■ WHAT NEEDS TO BE DONE
Whenever a line in the material below includes "SameButTaken", copy that line.

[TASK MATERIAL — start]

ghost use Rattle.std.specs.Prelude.{◌≡◌, Some, OnOk, OnErr, is_err, is_none, is_ok, if◌then◌else◌};
ghost use Rattle.ots_base.specs.Cause.{HasCause, one_more};
ghost use Rattle.ots_outside.specs.OneNonce.{bytes_of};
ghost use Rattle.ots_outside.specs.Streams.{Gives};

use crate::{Count, Failed, Nonces};
use std::marker::Model;

/// One nonce, or none, as that of one connection. A second draw, or one where there is none, is a
/// counted fault.
#[derive(Drop)]
pub struct OneNonce {
    nonce: Option<[u8; 16]>,
    faults: Count,
}

impl Model for OneNonce {
    ghost use Rattle.ots_outside.specs.OneNonce.{OneNonceTold};

    ghost Value = { OneNonceTold };

    ghost view = { λ n. record { nonce = n.nonce; faults = n.faults } };
}

impl OneNonce {
    /// This nonce, or none.
    pub fn new(nonce: Option<[u8; 16]>) -> OneNonce
        ensures { result ≡ record { nonce = nonce; faults = 0 } }
    {
        OneNonce {
            nonce,
            faults: Count::new(),
        }
    }
}

impl Nonces for OneNonce {
    ghost left = { λ n. Some (bytes_of n.nonce) };

    ghost faults = { λ n. n.faults };

    fn fill16(&mut self, out: &mut [u8; 16]) -> Result<(), Failed>
        ensures drawn { OnOk result (Gives (Some (bytes_of self.old.nonce)) (Some (bytes_of self.new.nonce)) out.new) }
        ensures failed { OnErr result (Some (bytes_of self.new.nonce) ≡ Some (bytes_of self.old.nonce)) }
        ensures cause { HasCause self.old.faults self.new.faults result }
        ensures refused { is_err result ≡ is_none self.old.nonce }
        ensures faults { self.new.faults ≡ (if is_ok result then self.old.faults else one_more self.old.faults) }
    {
        match self.nonce {
            Some(nonce) => {
                *out = nonce;
                self.nonce = None;
                Ok(())
            }
            None => {
                self.faults.rise();
                Err(Failed)
            }
        }
    }
}
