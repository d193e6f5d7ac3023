// What a transcript tells of a run.
use crate::links::Links;
use crate::run::{Ended, Sent};
use ots_row_words::{Said, malformed};
use std::alloc::{AllocError, Global};
use std::{io, str};

/// How many links are told one by one.
const FEW: usize = 32;

/// Tells how a run ended.
pub fn tell_ended(alloc: Global, ended: &Ended, said: &mut Said) -> io::Result<()> {
    said.push(str::from_utf8(&ended.text).map_err(|_| malformed())?);
    said.push("=");
    said.number(u64::from(ended.status));
    said.push(",");
    tell_links(alloc, &ended.links, said)?;
    for sent in &ended.sent {
        tell_sent(sent, said);
    }
    Ok(())
}

/// Tells what was done with the links, and what they have taken.
fn tell_links(alloc: Global, links: &Links, said: &mut Said) -> Result<(), AllocError> {
    said.number(links.accepted);
    said.word("accepted,");
    said.count(links.taken.len());
    said.word("given back,");
    said.count(links.coming);
    said.word("to come\n");
    if links.taken.len() > FEW {
        tell_taken(&all_of(alloc, &links.taken)?, said);
    } else {
        tell_each_taken(&links.taken, said);
    }
    Ok(())
}

/// Tells what each link has taken.
fn tell_each_taken(taken: &[Vec<u8>], said: &mut Said) {
    for bytes in taken {
        tell_taken(bytes, said);
    }
}

/// Tells what was taken.
fn tell_taken(bytes: &[u8], said: &mut Said) {
    said.push("= took");
    said.quoted(bytes);
    said.push("\n");
}

/// All of these bytes, one after the other.
fn all_of(alloc: Global, parts: &[Vec<u8>]) -> Result<Vec<u8>, AllocError> {
    let mut all = Vec::new(alloc);
    for part in parts {
        all.extend_from_slice(part)?;
    }
    Ok(all)
}

/// Tells what was sent, and to whom.
fn tell_sent(sent: &Sent, said: &mut Said) {
    said.push("= sent");
    said.word(sent.host.as_str());
    said.number(u64::from(sent.port));
    said.quoted(&sent.bytes);
    said.push("\n");
}

/// Tells whether these are the bytes that are wanted; else what they are.
pub fn tell_compared(bytes: &[u8], wanted: &[u8], said: &mut Said) {
    if bytes == wanted {
        said.push("= so it is\n");
    } else {
        said.push("= no:");
        said.quoted(bytes);
        said.push("\n");
    }
}
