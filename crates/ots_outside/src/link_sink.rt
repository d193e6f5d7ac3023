ghost use Rattle.std.specs.Prelude.{◌≡◌};
ghost use Rattle.std.proofs.Common.{◌∙◌, refl};
ghost use Rattle.ots_outside.specs.Link.{taken_of, SameButTaken};

use crate::{Failed, Link, Sink};

/// A borrowed link, written as a sink.
///
/// A later value is `same` as an earlier one where it borrows the same link, that is the same in its
/// own sense, and has the same bytes left and given. So once the loan has ended, the caller knows
/// the whole link again.
#[derive(Drop)]
pub struct LinkSink<'a, L: Link> {
    /// The link.
    pub link: &'a mut L,
}

impl<'a, L: Link> LinkSink<'a, L> {
    /// A sink that writes to the link.
    pub fn new(link: &'a mut L) -> LinkSink<'a, L>
        ensures same_reference { result.link.ghost_name ≡ link.entry.ghost_name }
        ensures link { result.link.now ≡ link.old }
    {
        LinkSink { link }
    }
}

impl<L: Link> Sink for LinkSink<'_, L> {
    ghost taken = { λ s. taken_of (L.told s.link.now) };

    ghost faults = { λ s. L.faults s.link.now };

    ghost same = { λ s t. (t.link.ghost_name ≡ s.link.ghost_name) × L.same s.link.now t.link.now
        × SameButTaken (L.told s.link.now) (L.told t.link.now) };

    ghost same_refl = { λ s. (refl, L.same_refl s.link.now, refl) };

    ghost same_trans = { λ s t u p q. (q.0 ∙ p.0, L.same_trans s.link.now t.link.now u.link.now p.1 q.1, q.2 ∙ p.2) };

    fn write(&mut self, piece: &[u8]) -> Result<usize, Failed> {
        self.link.write(piece)
    }
}
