ghost use Rattle.std.specs.Prelude.{◌≡◌};
ghost use Rattle.std.proofs.Common.{◌∙◌, refl};
ghost use Rattle.ots_outside.specs.Dialer.{conversation_told, IsConversation, SameButConversation};
ghost use Rattle.ots_outside.specs.Dialer.{SameButConversation-refl, SameButConversation-trans};

use crate::{Dialer, Failed, Link, Slot};

/// A connected slot of a borrowed dialer, as a link.
///
/// A later value is `same` as an earlier one where it borrows the same dialer for the same slot, and
/// all that the dialer tells, but for this conversation, is as it was. So once the loan has ended,
/// the caller knows the whole dialer again.
#[derive(Drop)]
pub struct DialedLink<'a, D: Dialer> {
    /// The dialer.
    pub dialer: &'a mut D,
    /// The slot, which was connected and not closed.
    pub slot: Slot,
    ghost is_conversation: { IsConversation (D.told dialer.now) slot.0 },
}

impl<'a, D: Dialer> DialedLink<'a, D> {
    /// The slot's conversation as a link. The slot is connected, and where what was sent is told, its
    /// entry stands there, as after every `connect`.
    pub fn new(dialer: &'a mut D, slot: Slot) -> DialedLink<'a, D>
        requires { IsConversation (D.told dialer.old) slot.0 }
        ensures same_reference { result.dialer.ghost_name ≡ dialer.entry.ghost_name }
        ensures dialer { result.dialer.now ≡ dialer.old }
        ensures slot { result.slot ≡ slot }
    {
        DialedLink { dialer, slot }
    }
}

impl<D: Dialer> Link for DialedLink<'_, D> {
    ghost told = { λ s. conversation_told (D.told s.dialer.now) s.slot.0 };

    ghost faults = { λ s. D.faults s.dialer.now };

    ghost same = { λ s t. (t.dialer.ghost_name ≡ s.dialer.ghost_name) × (t.slot.0 ≡ s.slot.0)
        × SameButConversation s.slot.0 (D.told s.dialer.now) (D.told t.dialer.now) };

    ghost same_refl = { λ s. (refl, refl, SameButConversation-refl s.slot.0 (D.told s.dialer.now)) };

    ghost same_trans = { λ s t u p q. (
      q.0 ∙ p.0,
      q.1 ∙ p.1,
      SameButConversation-trans s.slot.0 t.slot.0 (D.told s.dialer.now) (D.told t.dialer.now) (D.told u.dialer.now) p.1
          p.2 q.2,
    ) };

    fn read(&mut self, buf: &mut [u8]) -> Result<usize, Failed> {
        self.dialer.read(self.slot, buf)
    }

    fn write(&mut self, piece: &[u8]) -> Result<usize, Failed> {
        self.dialer.write(self.slot, piece)
    }

    fn finish(&mut self) {}
}
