ghost use Rattle.std.specs.Prelude.{◌<◌, ℕ, List, length, IfOk};
ghost use Rattle.std.specs.declared.option.Option.{Option};
ghost use Rattle.std.specs.Io.{WritesAtMost};
ghost use Rattle.ots_base.specs.Cause.{HasCause};
ghost use Rattle.ots_outside.specs.Streams.{Writes};

use crate::Failed;

/// A taker of bytes, each piece after the one before. A sink that tells nothing never begins to
/// tell, and one that tells never stops.
pub trait Sink {
    /// The bytes taken, where they are told.
    ghost taken: { Self → Option (List ℕ) };

    /// How often a write has failed. At 2^64 - 1 the count stays.
    ghost faults: { Self → ℕ };

    /// What stays of an earlier value in a later one. Every write keeps it.
    ghost same: { Self → Self → Type 0 };

    /// `Ok(n)` took the first n bytes of `piece`, at least one where it isn't empty. `Failed`
    /// comes only where the count of faults rose, and leaves the bytes taken as they were.
    fn write(&mut self, piece: &[u8]) -> Result<usize, Failed>
        ensures bound { WritesAtMost result piece.now }
        ensures some { 0 < length piece.now → IfOk result (λ count. 0 < count) }
        ensures bytes { Writes (taken self.old) (taken self.new) result piece.now }
        ensures cause { HasCause (faults self.old) (faults self.new) result }
        ensures same { same self.old self.new };

    ghost same_refl: { (s : Self) → same s s };

    ghost same_trans: { (s t u : Self) → same s t → same t u → same s u };
}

[TASK MATERIAL — finish]

■ OUTPUT FOR THIS EXERCISE
ghost use Rattle.ots_outside.specs.Link.{taken_of, SameButTaken};
        × SameButTaken (L.told s.link.now) (L.told t.link.now) };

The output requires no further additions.